The writing was excellent. I fully understood the characters motivations for the actions they were taking. I understood the mood of each scene as if I was there. DeLillo is very good at doing that.

The only thing I didn't like was the dark subject matter. It brought back a lot of memories. It personalized those memories. It took 2800 some odd deaths and made the reader realize that each of them was an actual human being that interacted with the world. Each of them affected others in much the same way the people in this book did. That was very sad and depressing at times.

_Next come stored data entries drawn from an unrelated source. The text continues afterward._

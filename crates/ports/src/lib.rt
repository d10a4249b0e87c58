// The two ports, the status read at one, and the light pen.
#![tactic(auto)]

ghost use Rattle.std.specs.Prelude.{◌≡◌, ◌&&◌, ◌+◌, ◌*◌, eqb, ltb, cond, Ok, Err};
ghost use Rattle.registers.specs.Width.{places};
ghost use Rattle.registers.specs.Sound.{sound_b};
ghost use Rattle.registers.specs.Put.{put_buffer};
ghost use Rattle.registers.specs.Buffer.{popped};
ghost use Rattle.ports.specs.declared.Refusal.TheVariants.{Unsound};
ghost use Rattle.ports.specs.Answered.{refusal_number, answered};
ghost use Rattle.ports.specs.Port.{
  queued,
  turned_back,
  queued_or3,
  command_in,
  command_written,
  parameter_in,
  parameter_written,
  byte_in,
  byte_read,
  status_read,
  pen_put,
  pen_posted,
};

use registers::{Mode, Pen, Registers, Work};

// Why a port refuses: the set is unsound; the buffer is full; a parameter byte in read mode; no byte to give; a pen address too large.
#[derive(Clone, Copy, PartialEq, Eq)]
pub enum Refusal {
    Unsound,
    Full,
    Reading,
    NoByte,
    PenAddress,
}

// What a port grants: the byte read, and the registers.
#[derive(Clone, Copy)]
pub struct Granted {
    pub value: u8,
    pub regs: Registers,
}

// An answer in numbers, as it is printed and as C has it: a number of refusal or 0, the byte read, and the registers.
#[derive(Clone, Copy)]
pub struct Answer {
    pub number: u8,
    pub value: u8,
    pub regs: Registers,
}

impl Refusal {
    // The number of a refusal.
    pub fn number(self) -> u8
        ensures { result ≡ refusal_number self }
    {
        match self {
            Refusal::Unsound => 1,
            Refusal::Full => 3,
            Refusal::Reading => 4,
            Refusal::NoByte => 5,
            Refusal::PenAddress => 6,
        }
    }
}

// A port's answer in numbers; a refusal's has the set given, and 0. It is compiled into each call, so that no set is handed on.
#[inline(always)]
pub fn told(given: Registers, a: Result<Granted, Refusal>) -> Answer
    ensures { result ≡ answered given a }
{
    match a {
        Ok(Granted { value, regs }) => Answer {
            number: 0,
            value,
            regs,
        },
        Err(why) => Answer {
            number: why.number(),
            value: 0,
            regs: given,
        },
    }
}

// Only a sound set is accepted.
fn accepted(r: Registers) -> Result<(), Refusal>
    ensures { result ≡ cond (sound_b r) (Ok tt) (Err Unsound) }
{
    if registers::sound(r) {
        Ok(())
    } else {
        Err(Refusal::Unsound)
    }
}

// An entry more is queued.
fn queue(mut r: Registers, e: u16) -> Registers
    ensures { result ≡ queued r e }
{
    r.buffer = registers::push(r.buffer, e);
    r
}

// Write mode, with all read data discarded and the read ended.
fn turn_back(r: Registers) -> Registers
    ensures { result ≡ turned_back r }
{
    Registers {
        mode: Mode::Write,
        buffer: processor::command::no_entries(),
        work: Work::Idle,
        ..r
    }
}

// An entry is queued where there is room.
#[tactic(auto, unfolding(crate::specs::Port::queued_or3))]
fn queue_where_room(r: Registers, e: u16) -> Result<Granted, Refusal>
    ensures { answered r result ≡ queued_or3 r e }
{
    if registers::PLACES <= r.buffer.count {
        return Err(Refusal::Full);
    }
    Ok(Granted {
        value: 0,
        regs: queue(r, e),
    })
}

fn command_in(r: Registers, byte: u8) -> Result<Granted, Refusal>
    ensures { answered r result ≡ command_in r.mode r byte }
{
    match r.mode {
        Mode::Write => queue_where_room(r, byte as u16 + registers::COMMAND_MARK),
        Mode::Read => Ok(Granted {
            value: 0,
            regs: queue(turn_back(r), byte as u16 + registers::COMMAND_MARK),
        }),
    }
}

// A byte to the command port.
#[tactic(auto, unfolding(crate::specs::Port::command_written))]
pub fn write_command(r: Registers, byte: u8) -> Result<Granted, Refusal>
    ensures { answered r result ≡ command_written r byte }
{
    accepted(r)?;
    if byte == 0 {
        return Ok(Granted {
            value: 0,
            regs: processor::command::reset_done(r),
        });
    }
    command_in(r, byte)
}

fn parameter_in(r: Registers, byte: u8) -> Result<Granted, Refusal>
    ensures { answered r result ≡ parameter_in r.mode r byte }
{
    match r.mode {
        Mode::Write => queue_where_room(r, byte as u16),
        Mode::Read => Err(Refusal::Reading),
    }
}

// A byte to the parameter port.
#[tactic(auto, unfolding(crate::specs::Port::parameter_written))]
pub fn write_parameter(r: Registers, byte: u8) -> Result<Granted, Refusal>
    ensures { answered r result ≡ parameter_written r byte }
{
    accepted(r)?;
    parameter_in(r, byte)
}

// The buffer without its oldest byte.
fn drop_oldest(mut r: Registers) -> Registers
    ensures { result ≡ put_buffer r (popped r.buffer) }
{
    r.buffer = registers::pop(r.buffer);
    r
}

fn byte_in(r: Registers) -> Result<Granted, Refusal>
    ensures { answered r result ≡ byte_in r.mode r }
{
    match r.mode {
        Mode::Read if 0 < r.buffer.count => {
            let oldest = registers::oldest_of(r.buffer);
            Ok(Granted {
                value: (oldest % 256) as u8,
                regs: drop_oldest(r),
            })
        }
        Mode::Read | Mode::Write => Err(Refusal::NoByte),
    }
}

// A byte is read.
#[tactic(auto, unfolding(crate::specs::Port::byte_read))]
pub fn read_byte(r: Registers) -> Result<Granted, Refusal>
    ensures { answered r result ≡ byte_read r }
{
    accepted(r)?;
    byte_in(r)
}

// The status is read.
#[tactic(auto, unfolding(crate::specs::Port::status_read))]
pub fn read_status(r: Registers) -> Result<Granted, Refusal>
    ensures { answered r result ≡ status_read r }
{
    accepted(r)?;
    Ok(Granted {
        value: status::status_of(r),
        regs: r,
    })
}

// The light pen's address, as news.
fn put_pen(mut r: Registers, address: u32) -> Registers
    ensures { result ≡ pen_put r address }
{
    r.pen = Pen { address, set: true };
    r
}

// A light-pen address is posted.
#[tactic(auto, unfolding(crate::specs::Port::pen_posted))]
pub fn post_pen(r: Registers, address: u32) -> Result<Granted, Refusal>
    ensures { answered r result ≡ pen_posted r address }
{
    accepted(r)?;
    if dots::ADDRESSES <= address {
        return Err(Refusal::PenAddress);
    }
    Ok(Granted {
        value: 0,
        regs: put_pen(r, address),
    })
}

Something else that struck me was how everyone that was in the towers during the attack had a common theme in their lives. Not the real people, I mean the characters in this book. It seemed like each of them lost a zest for living. There was no reason for doing anything any more. Go to work? Maybe. What difference does it make? Why not just go to Vegas and play poker for weeks on end? What difference does it make? That was maybe the saddest thing of all. That the people no longer had any spark. They all seemed to be dead, yet still going through the motions of life. I would hate to live like that.